**What you need to do**
Tally up the lines below that contain the word "Memory" and give the total alone.

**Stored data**

--- --- ---

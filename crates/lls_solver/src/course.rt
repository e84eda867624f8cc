// What is decided next, and what is undone.
ghost use Rattle.std.specs.Prelude.{◌≡◌, ◌<◌, ◌≤◌, [], length, true, false, IfOk, IfSome, IfNone, IsSome, IsTrue, nat_lt};
ghost use Rattle.std.specs.Option.{option_map_or};
ghost use Rattle.lls_lit.specs.Literal.{variable_of};
ghost use Rattle.lls_lit.specs.Formula.{is_within};
ghost use Rattle.lls_store.specs.Trail.{IsTrail, entry_of, level_of};
ghost use Rattle.lls_store.specs.Closed.{IsClosed};
ghost use Rattle.lls_store.specs.Sound.{IsSound};
ghost use Rattle.lls_store.specs.Store.{IsConflict};
ghost use Rattle.lls_store.specs.Changes.{cut_to, empty_trail};
ghost use Rattle.lls_store.specs.Removal.{compacted, renamed};
ghost use Rattle.lls_analyse.specs.Valued.{HaveValues};
ghost use Rattle.lls_solver.specs.Course.{IsDecision, IsNext, IsOnCourse, AreWaiting, AllSet};

use crate::manner::Manner;
use crate::phases::Phases;
use crate::start::{Start, begin_at, order_of};
use lls_base::Memory;
use lls_lit::{Lit, Var};
use lls_order::EitherOrder;
use lls_store::{Store, Trail};
use std::alloc::Global;
use std::marker::Model;

/// The values of variables, which of them are decided next, and which values they are decided to have.
///
/// It is seen as its trail: order and phases choose decisions, of which no contract speaks.
#[derive(Drop)]
pub(crate) struct Course {
    pub(crate) trail: Trail,
    order: EitherOrder,
    phases: Phases,
    /// By variable, at which conflict it was bumped last.
    bumped: Vec<u32>,
    conflict: u32,
    /// How many literals unit propagation forced.
    effort: u64,
}

impl Model for Course {
    ghost use Rattle.std.specs.Prelude.{length};
    ghost use Rattle.lls_store.specs.Trail.{TrailState};
    ghost use Rattle.lls_solver.specs.Course.{IsCourse};

    ghost Value = { TrailState };

    ghost view = { λ c. c.trail };

    ghost invariant = { λ c. IsCourse c.trail c.order.order c.phases (length c.bumped.items) };
}

impl Course {
    /// No variable has a value.
    pub(crate) fn new(
        alloc: Global,
        vars: u32,
        start: Start,
        manner: Manner,
    ) -> Result<Course, Memory>
        requires { vars ≤ Var.MOST }
        ensures { IfOk result (λ course. course ≡ empty_trail vars) }
    {
        let trail = Trail::new(alloc, vars)?;
        // What holds of every trail is known from here on.
        let _level = trail.current();
        Ok(Course {
            trail,
            order: order_of(alloc, vars, manner, start.first)?,
            phases: Phases::new(alloc, vars, start, manner)?,
            bumped: vec![in alloc; 0; vars as usize]?,
            conflict: 1,
            effort: 0,
        })
    }

    /// Extends the trail by what unit propagation forces. Some clause's number where that is false.
    pub(crate) fn propagate<S: Store>(&mut self, store: &mut S) -> Option<u32>
        requires tracked { S.tracks store.old self.old }
        requires on_course { IsOnCourse (S.state store.old) self.old }
        ensures conflict { IfSome result (IsConflict (S.state store.old).live self.new) }
        ensures closed { IfNone result (IsClosed (S.state store.old).live self.new) }
        ensures settled { IfNone result (S.settled store.new self.new) }
        ensures grown { length self.old.entries ≤ length self.new.entries }
        ensures state { S.state store.new ≡ S.state store.old }
        ensures tracked { S.tracks store.new self.new }
        ensures on_course { IsOnCourse (S.state store.old) self.new }
        ensures kept { IsTrail self.new }
    {
        let before = self.trail.len();
        let conflict = store.propagate(&mut self.trail);
        // What holds of every trail is known from here on.
        let _level = self.trail.current();
        let forced = self.trail.len().saturating_sub(before);
        self.effort = self.effort.saturating_add(forced as u64);
        conflict
    }

    /// How many literals unit propagation has forced so far.
    pub(crate) fn effort(&self) -> u64 {
        self.effort
    }

    /// Decides the next variable without a value, where unit propagation found no conflict. None where all have values, else the new level.
    pub(crate) fn decide(&mut self) -> Option<u32>
        ensures decided { IfSome result (λ _. IsDecision self.old self.new) }
        ensures none { IfNone result ((self.new ≡ self.old) × AllSet self.old.vars self.old.entries) }
        ensures kept { IsTrail self.new }
    {
        let var = next_without_value(&mut self.order, &self.trail)?;
        self.phases.reach(&self.trail);
        let phase = self.phases.value(var);
        self.trail.decide(Lit::new(var, phase));
        Some(self.trail.current())
    }

    /// Has the variables of these literals be decided before others, each once a conflict, but for those of level 0.
    pub(crate) fn bump(&mut self, lits: &[Lit])
        requires within { is_within self.old.vars lits.now ≡ true }
        requires have_values { HaveValues self.old.entries lits.now }
        ensures { self.new ≡ self.old }
    {
        for lit in lits {
            if self.trail.known_level(lit.var()) > 0 {
                bump_once(&mut self.order, &mut self.bumped, self.conflict, lit.var());
            }
        }
    }

    /// So it has those of the clauses that forced these literals, or their negations. Then the conflict is over: what is bumped from now on counts
    /// more.
    pub(crate) fn bump_reasons<S: Store>(&mut self, store: &S, lits: &[Lit])
        requires vars { (S.state store.now).vars ≡ self.old.vars }
        requires have_values { HaveValues self.old.entries lits.now }
        requires sound { IsSound (S.state store.now).live self.old }
        ensures { self.new ≡ self.old }
    {
        // What holds of all live clauses is known from here on.
        let _count = store.count();
        for lit in lits {
            if let Some(reason) = self.trail.known_reason(lit.var()) {
                self.bump(store.lits(reason));
            }
        }
        self.order.grow();
        // After 2^32 conflicts a number is used again.
        self.conflict = self.conflict.wrapping_add(1);
    }

    /// Has the variables from a number on be decided before the others, those of lesser numbers first.
    pub(crate) fn begin_at(&mut self, first: u32)
        ensures { self.new ≡ self.old }
    {
        begin_at(&mut self.order, first);
    }

    /// Goes back to where the next variable would be decided otherwise than it was: the levels stay whose decisions would be the
    /// same once more (van der Tak, Ramos, Heule, *Reusing the Assignment Trail in CDCL Solvers*, 2011).
    pub(crate) fn restart<S: Store>(&mut self, store: &mut S)
        requires tracked { S.tracks store.old self.old }
        requires on_course { IsOnCourse (S.state store.old) self.old }
        ensures state { S.state store.new ≡ S.state store.old }
        ensures tracked { S.tracks store.new self.new }
        ensures on_course { IsOnCourse (S.state store.new) self.new }
    {
        let level = levels_to_keep(&mut self.order, &self.trail);
        self.go_back(store, level);
    }

    /// Numbers the clauses that are live anew.
    pub(crate) fn compact<S: Store>(&mut self, store: &mut S)
        requires tail { (S.state store.old).tail ≡ [] }
        requires tracked { S.tracks store.old self.old }
        requires sound { IsSound (S.state store.old).live self.old }
        ensures state { S.state store.new ≡ compacted (S.state store.old) }
        ensures renamed { self.new ≡ renamed (S.state store.old).live self.old }
        ensures tracked { S.tracks store.new self.new }
        ensures sound { IsSound (S.state store.new).live self.new }
    {
        store.compact(&mut self.trail);
        // What holds of every trail is known from here on.
        self.trail.current();
    }

    /// Goes back to a level.
    pub(crate) fn go_back<S: Store>(&mut self, store: &mut S, level: u32)
        requires level { level ≤ self.old.current }
        requires tracked { S.tracks store.old self.old }
        requires sound { IsSound (S.state store.old).live self.old }
        ensures cut { self.new ≡ cut_to self.old level }
        ensures state { S.state store.new ≡ S.state store.old }
        ensures room { IsTrue (S.room store.old) → IsTrue (S.room store.new) }
        ensures tracked { S.tracks store.new self.new }
        ensures sound { IsSound (S.state store.old).live self.new }
        ensures kept { IsTrail self.new }
    {
        release(&mut self.order, &mut self.phases, &self.trail, level);
        store.back_to(&mut self.trail, level);
        // What holds of every trail is known from here on.
        let _level = self.trail.current();
    }
}

// Bumps a variable where it wasn't bumped at this conflict.
fn bump_once(order: &mut EitherOrder, bumped: &mut [u32], conflict: u32, var: Var)
    requires within { var ≤ order.old.order.vars }
    requires bumped { length bumped.old ≡ order.old.order.vars }
    ensures vars { order.new.order.vars ≡ order.old.order.vars }
    ensures inside { order.new.order.inside ≡ order.old.order.inside }
    ensures bumped { length bumped.new ≡ length bumped.old }
{
    if bumped[var.index()] != conflict {
        bumped[var.index()] = conflict;
        order.bump(var);
    }
}

// Puts the variables whose values go with the levels above this one back into the order.
fn release(order: &mut EitherOrder, phases: &mut Phases, trail: &Trail, level: u32)
    requires vars { order.old.order.vars ≡ trail.now.vars }
    requires phases { phases.old ≡ trail.now.vars }
    requires waiting { AreWaiting trail.now.entries order.old.order }
    ensures vars { order.new.order.vars ≡ order.old.order.vars }
    ensures phases { phases.new ≡ phases.old }
    ensures waiting { AreWaiting (cut_to trail.now level).entries order.new.order }
{
    let mut k = trail.len();
    while k > 0 {
        let lit = trail.lit(k - 1);
        if !is_above(trail, lit, level) {
            return;
        }
        order.put_back(lit.var());
        phases.leave(lit);
        k -= 1;
    }
}

// Whether a literal of the trail is of a level above this one.
fn is_above(trail: &Trail, lit: Lit, level: u32) -> bool
    requires { IsSome (entry_of trail.now.entries (variable_of lit)) }
    ensures { result ≡ option_map_or (nat_lt level) (level_of trail.now.entries (variable_of lit)) false }
{
    trail.known_level(lit.var()) > level
}

// Takes variables out of the order up to one that has no value.
fn next_without_value(order: &mut EitherOrder, trail: &Trail) -> Option<Var>
    requires vars { trail.now.vars ≡ order.old.order.vars }
    requires waiting { AreWaiting trail.now.entries order.old.order }
    ensures vars { order.new.order.vars ≡ order.old.order.vars }
    ensures some { IfSome result (IsNext order.old.order.vars trail.now.entries order.new.order) }
    ensures none { IfNone result (AllSet order.old.order.vars trail.now.entries) }
    ensures none_waiting { IfNone result (AreWaiting trail.now.entries order.new.order) }
{
    while let Some(var) = order.pop_greatest() {
        match trail.value(Lit::new(var, true)) {
            None => return Some(var),
            Some(_) => {}
        }
    }
    None
}

// How many levels a restart leaves.
fn levels_to_keep(order: &mut EitherOrder, trail: &Trail) -> u32
    requires vars { trail.now.vars ≡ order.old.order.vars }
    requires waiting { AreWaiting trail.now.entries order.old.order }
    ensures vars { order.new.order.vars ≡ order.old.order.vars }
    ensures waiting { AreWaiting trail.now.entries order.new.order }
    ensures most { result ≤ trail.now.current }
{
    match next_without_value(order, trail) {
        Some(next) => {
            order.put_back(next);
            levels_before(order, trail, next)
        }
        None => trail.current(),
    }
}

// How many levels begin with a decision that comes before a variable, from the first on.
fn levels_before(order: &EitherOrder, trail: &Trail, var: Var) -> u32
    requires vars { trail.now.vars ≡ order.now.order.vars }
    requires within { var ≤ order.now.order.vars }
    ensures { result ≤ trail.now.current }
{
    let mut levels = 0;
    for k in 0..trail.len() {
        let decided = trail.lit(k).var();
        if trail.known_reason(decided).is_none() {
            if !order.comes_before(decided, var) {
                return levels;
            }
            levels += 1;
        }
    }
    levels
}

--- --- ---

**Written solution**
2